### Exercise description
Scan the entries below for "TakesEvent" and copy each line that holds it.

### Material to process
========

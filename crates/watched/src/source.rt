//! What bytes are read from.

ghost use Rattle.std.specs.Prelude.{◌≡◌, ◌≤◌, true, false, length, IfOk, OnOk, OnErr};
ghost use Rattle.std.specs.Io.KnownBytes.{ReadConsumes};

use std::io;
use std::io::Read;
use std::marker::Model;

/// A stream that is read. What it did is all that is known of it, and no caller can say otherwise: a read that fails
/// has failed in the stream.
pub trait Source {
    ghost use Rattle.std.specs.Prelude.{Bool, List, ℕ, Option};

    /// The bytes that are still to come, where it tells them.
    ghost remaining: { Self → Option (List ℕ) };

    /// Whether a read has failed.
    ghost has_failed: { Self → Bool };

    /// Reads some bytes into the buffer, as `std::io::Read::read` does: 0 at the end.
    fn read(&mut self, buffer: &mut [u8]) -> io::Result<usize>
        ensures bound { IfOk result (λ n. n ≤ length buffer.new) }
        ensures bytes { ReadConsumes (remaining self.old) (remaining self.new) result buffer.new }
        ensures ok { OnOk result (has_failed self.new ≡ has_failed self.old) }
        ensures err { OnErr result (has_failed self.new ≡ true) };
}

/// A reader of std's. It notes a failure where std's call answers one, and nowhere else: `tools/stream-faults` reads
/// that off this file.
#[derive(Drop)]
pub struct Reader<R: Read> {
    reader: R,
    failed: bool,
}

impl<R: Read> Model for Reader<R> {
    ghost use Rattle.watched.specs.Streams.{Reading};

    ghost Value = { Reading };

    ghost view = { λ r. record { remaining = R.remaining r.reader; failed = r.failed } };
}

impl<R: Read> Reader<R> {
    /// Notes failures from now on.
    pub fn new(reader: R) -> Self
        ensures remaining { result.remaining ≡ R.remaining reader }
        ensures failed { result.failed ≡ false }
    {
        Reader {
            reader,
            failed: false,
        }
    }
}

impl<R: Read> Source for Reader<R> {
    ghost remaining = { λ r. r.remaining };

    ghost has_failed = { λ r. r.failed };

    fn read(&mut self, buffer: &mut [u8]) -> io::Result<usize> {
        match self.reader.read(buffer) {
            Ok(count) => Ok(count),
            Err(error) => {
                self.failed = true;
                Err(error)
            }
        }
    }
}
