//! Streams that are read and written, and what they did: which bytes, and whether they failed. And what was read and
//! not yet taken, with the first line in it.
#![tactic(auto)]

mod input;
mod line_buffer;
mod output;
mod sink;
mod source;

pub use input::Input;
pub use line_buffer::LineBuffer;
pub use output::Output;
pub use sink::{Sink, Writer, WriterFailed};
pub use source::{Reader, Source};
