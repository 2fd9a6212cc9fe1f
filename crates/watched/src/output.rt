//! A sink, as what is known of it.

ghost use Rattle.std.specs.Prelude.{◌≡◌, ◌<◌, length, true, false, OnOk, OnErr};
ghost use Rattle.std.specs.Io.KnownBytes.{Appends, Keeps};
ghost use Rattle.watched.specs.Streams.{AppendsFront, Writes};

use crate::{Sink, WriterFailed};
use std::marker::Model;

/// A sink, as the bytes that were written, whether a write has failed, and whether it may hold bytes back.
#[derive(Drop)]
pub struct Output<W: Sink> {
    sink: W,
    held: bool,
}

impl<W: Sink> Model for Output<W> {
    ghost use Rattle.watched.specs.Streams.{Writing};

    ghost Value = { Writing };

    ghost view = { λ o. record { written = W.written o.sink; failed = W.has_failed o.sink; held = o.held } };
}

impl<W: Sink> Output<W> {
    /// A sink that holds nothing back.
    pub fn new(sink: W) -> Self
        ensures written { result.written ≡ W.written sink }
        ensures failed { result.failed ≡ W.has_failed sink }
        ensures held { result.held ≡ false }
    {
        Output { sink, held: false }
    }

    /// The sink.
    pub fn into_inner(self) -> W
        ensures written { W.written result ≡ self.written }
        ensures failed { W.has_failed result ≡ self.failed }
    {
        self.sink
    }

    /// Whether bytes were written since all was last sent on.
    pub fn holds_back(&self) -> bool
        ensures { result ≡ self.now.held }
    {
        self.held
    }

    /// Writes all of the bytes, or fails after some of them.
    pub fn write(&mut self, bytes: &[u8]) -> Result<(), WriterFailed>
        ensures { Writes self.old bytes.now result self.new }
    {
        let result = write_all(&mut self.sink, bytes);
        self.held = self.held || !bytes.is_empty();
        result
    }

    /// Sends on what the sink holds back. After an error it may still hold all of it.
    pub fn flush(&mut self) -> Result<(), WriterFailed>
        ensures kept { Keeps self.old.written self.new.written }
        ensures calm { OnOk result (self.new.failed ≡ self.old.failed) }
        ensures sent { OnOk result (self.new.held ≡ false) }
        ensures failed { OnErr result (self.new.failed ≡ true) }
        ensures unsent { OnErr result (self.new.held ≡ self.old.held) }
    {
        self.sink.flush()?;
        self.held = false;
        Ok(())
    }
}

/// Writes all of the bytes, or fails after some of them.
fn write_all<W: Sink>(sink: &mut W, bytes: &[u8]) -> Result<(), WriterFailed>
    ensures ok { OnOk result (Appends (W.written sink.old) (W.written sink.new) bytes.now) }
    ensures calm { OnOk result (W.has_failed sink.new ≡ W.has_failed sink.old) }
    ensures front { OnErr result (AppendsFront (W.written sink.old) (W.written sink.new) bytes.now) }
    ensures failed { OnErr result (W.has_failed sink.new ≡ true) }
    ensures some { OnErr result (0 < length bytes.now) }
{
    let mut done = 0;
    while done < bytes.len() {
        done += sink.write(&bytes[done..])?;
    }
    Ok(())
}
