// The chip that stays with the caller: each function calls the one that takes the chip by value, and stores back what it gives.
// Stays: by value within, for so document 01 has it ("A form for each place"); `event::take` takes a lent chip.
#![tactic(auto)]

ghost use Rattle.port.specs.Port.{PowersOn, TakesEvent, TakesLine, Dumps, ShowsBlock};

use event::{Answer, Event};
use line::Session;
use state::{Chip, Refusal, Setup};

// The chip at power-on from a setup; or the setup's refusal, and the chip as it was.
pub fn power_on(chip: &mut Chip, setup: Setup) -> Result<(), Refusal>
    ensures { PowersOn chip.old setup result chip.new }
{
    let done = state::power_again(*chip, setup);
    *chip = done.chip;
    match done.refusal {
        None => Ok(()),
        Some(refusal) => Err(refusal),
    }
}

// One event, with the bytes beside it.
pub fn take_event(chip: &mut Chip, event: Event, bytes: &[u8]) -> Answer
    ensures { TakesEvent chip.old event bytes.now result chip.new }
{
    let done = event::step(*chip, event, bytes);
    *chip = done.chip;
    done.answer
}

// One line, with a lent output for its answer.
pub fn take_line(session: &mut Session, line: &[u8], out: &mut [u8]) -> Result<usize, Refusal>
    ensures { TakesLine session.old line.now out.old result session.new out.new }
{
    let done = line::take_line(*session, line, out);
    *session = done.session;
    done.reply
}

// The register dump of a chip that is only looked at, into a lent buffer.
pub fn dump(chip: &Chip, out: &mut [u8]) -> Result<usize, Refusal>
    ensures { Dumps chip.now out.old result out.new }
{
    event::dump(*chip, out)
}

// What the registers from the first on show, as many as bytes are lent, of a chip that is only looked at: of a block read that was
// acknowledged, its bytes.
pub fn show_block(chip: &Chip, first: u8, bytes: &mut [u8])
    ensures { ShowsBlock chip.now first bytes.old bytes.new }
{
    event::show_block(*chip, first, bytes);
}
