// Whether one subobject breaks no rule (document 01, "Numbers answered"; document 02, C-16). The rules are not told apart here: who wants the first broken one asks
// `subobject_rules` and `label_rules` in their order. The head of an MPLS subobject is `subobject_shape`'s.
#![tactic(auto)]

mod sound;

pub use sound::{head_sound, label_sound, mpls_label_sound, structure_sound};
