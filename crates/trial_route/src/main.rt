// The console on routes: document 01's examples, every prefix and every length inside good samples, every damage
// of one octet of E, every NT with every flag, and every segment.
#![tactic(auto)]

use std::io;
use streams::Streams;

fn main(rt: HostRuntime) -> io::Result<()> {
    let mut streams = Streams::new(rt.stdin(), rt.stdout());
    let end = console_dialogue::converse(&mut streams);
    streams.finish()
}
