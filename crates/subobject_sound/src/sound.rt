// Whether one subobject breaks no rule. The rules are not told apart here.
ghost use Rattle.std.specs.Prelude.{◌≡◌, true, false, ◌+◌, ◌≤◌, length};
ghost use Rattle.forms.specs.Forms.{mpls_form, entry_size, nai_length};
ghost use Rattle.subobject.specs.Layout.{expected_length};
ghost use Rattle.subobject.specs.Rules.{rule7, rule11, bits_at, label_at};
ghost use Rattle.subobject.specs.Inner.{OfLength, HeadSound, LabelSound};

use forms::Form;
use subobject::Head;

// The expected length, from the octets of the NAI.
fn expected(form: Form, h: Head, nai: usize) -> usize
    requires { nai ≤ 255 }
    ensures length { nai ≡ nai_length form h.nt → result ≡ expected_length form h.nt h.s h.t }
{
    let fixed = usize::from(form.fixed);
    let sid = subobject::sid_length(form, h.s);
    let structure = if subobject::structured(h) {
        subobject::STRUCTURE_SIZE
    } else {
        0
    };
    fixed + sid + nai + structure
}

// 8, 9, 7 and 10, over the head.
pub fn head_sound(form: Form, h: Head, ero: bool, n: bool) -> bool
    ensures sound { result ≡ true → HeadSound form h ero n }
{
    let nai = forms::nai_length(form, h.nt);
    let bare = h.nt == forms::NO_NAI;
    let unknown = !bare && nai == 0;
    if unknown {
        return false;
    }
    if subobject_rules::nine(h) {
        return false;
    }
    if h.f != usize::from(bare) {
        return false;
    }
    if subobject_rules::is_malformed(h) {
        return false;
    }
    if h.size != expected(form, h, nai) {
        return false;
    }
    !subobject_rules::ten(h, ero, n)
}

// 11. A structure ends a subobject of the expected length.
pub fn structure_sound(form: Form, h: Head, s: &[u8], at: usize) -> bool
    requires { OfLength form h s.now at }
    ensures sound { result ≡ true → rule11 h (bits_at form h s.now at) ≡ false }
{
    if subobject::structured(h) {
        return octet_sums::sum_four_in(s, at + h.size - subobject::STRUCTURE_SIZE)
            <= subobject::MOST_BITS;
    }
    true
}

// The label of the label stack entry at a place. `label_entry::label_at` reads octets past the end as 0; here the entry is there, and the pass asks for no end.
fn label_in(s: &[u8], at: usize) -> usize
    requires { at + entry_size ≤ length s.now }
    ensures label { result ≡ label_at s.now at }
{
    usize::from(s[at]) * label_entry::FIRST_WORTH
        + usize::from(s[at + 1]) * label_entry::SECOND_WORTH
        + usize::from(s[at + 2]) / label_entry::THIRD_PART
}

// 29 and 30.
pub fn label_sound(form: Form, h: Head, s: &[u8], at: usize) -> bool
    requires { (entry_size ≤ form.sid) × OfLength form h s.now at }
    ensures sound { result ≡ true → LabelSound form h s.now at }
{
    if label_rules::labelled(h) {
        let p = at + usize::from(form.fixed);
        if label_rules::twenty_nine(h, label_in(s, p)) {
            return false;
        }
        return !label_rules::thirty(h, usize::from(s[p + label_entry::TIME_PLACE]));
    }
    true
}

// The same of an MPLS subobject that breaks no rule before them: M is 1 only where there is a SID, and a label that is good is known by its first 16 bits, which is
// quicker in the pass over a route of any shapes.
pub fn mpls_label_sound(h: Head, s: &[u8], at: usize) -> bool
    requires { (rule7 mpls_form h ≡ false) × (h.s ≤ 1) × OfLength mpls_form h s.now at }
    ensures sound { result ≡ true → LabelSound mpls_form h s.now at }
{
    if h.m != 1 {
        return true;
    }
    if !label_run::label_good(s, at + label_run::ENTRY_PLACE) {
        return false;
    }
    if h.c != 1 {
        return true;
    }
    s[at + label_run::TTL_PLACE] != 0
}
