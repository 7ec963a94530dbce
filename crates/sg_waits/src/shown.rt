ghost use Rattle.std.specs.Prelude.{◌≡◌, ◌<◌, ◌^◌, length, IfOk, IfSome, IfNone, [], ◌∷◌};
ghost use Rattle.sg_waits.specs.Shown.{item_of, items_below};
ghost use Rattle.sg_waits.specs.Waits.{needs_at};

use crate::status::Status;
use crate::units;
use sg_state::Need;
use std::alloc::{AllocError, Global};
use std::collections::BTreeMap;
use std::marker::Model;

/// A waiting unit, the least of its needs, and the least holder of that need.
#[derive(Clone, Copy, Debug, PartialEq, Eq)]
pub struct ShownItem {
    pub unit: u32,
    pub need: Need,
    pub holder: u32,
}

/// Items that a stuck table shows, which contracts see as their list.
#[derive(Debug, Drop)]
pub struct ShownItems {
    items: Vec<ShownItem>,
}

impl Model for ShownItems {
    ghost use Rattle.std.specs.Prelude.{List};
    ghost use Rattle.sg_waits.specs.declared.shown.ShownItem.{ShownItem};

    ghost Value = { List ShownItem };

    ghost view = { λ s. s.items.items };
}

impl ShownItems {
    /// The items in rising order of their units.
    pub fn as_slice(&self) -> &[ShownItem]
        ensures { result.now ≡ self.now }
    {
        self.items.as_slice()
    }
}

/// Who waits for what, and who holds it: an item for each waiting unit, in rising order of units.
#[derive(Debug, Drop)]
pub struct Shown {
    pub items: ShownItems,
}

/// The item of a unit, if it waits and its least need has a holder.
pub fn item_of(units: &[Status], least: &BTreeMap<Need, u32>, unit: u32) -> Option<ShownItem>
    ensures some { IfSome result (λ i. item_of (needs_at units.now unit) least.now.entries unit ≡ i ∷ []) }
    ensures none { IfNone result (item_of (needs_at units.now unit) least.now.entries unit ≡ []) }
{
    match units::needs_at(units, unit) {
        [need, ..] => match least.get(need) {
            Some(holder) => Some(ShownItem {
                unit,
                need: *need,
                holder: *holder,
            }),
            None => None,
        },
        [] => None,
    }
}

/// The items of all units, by the least holders of needs.
pub fn items(
    alloc: Global,
    units: &[Status],
    least: &BTreeMap<Need, u32>,
) -> Result<ShownItems, AllocError>
    requires few { length units.now < 2 ^ 32 }
    ensures { IfOk result (λ s. s ≡ items_below units.now least.now.entries (length units.now)) }
{
    let mut items = Vec::new(alloc);
    for unit in 0..units.len() as u32 {
        match item_of(units, least, unit) {
            Some(item) => match items.push(item) {
                Ok(()) => {}
                Err(_) => return Err(AllocError),
            },
            None => {}
        }
    }
    Ok(ShownItems { items })
}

========

### Your response
ghost use Rattle.port.specs.Port.{PowersOn, TakesEvent, TakesLine, Dumps, ShowsBlock};
    ensures { TakesEvent chip.old event bytes.now result chip.new }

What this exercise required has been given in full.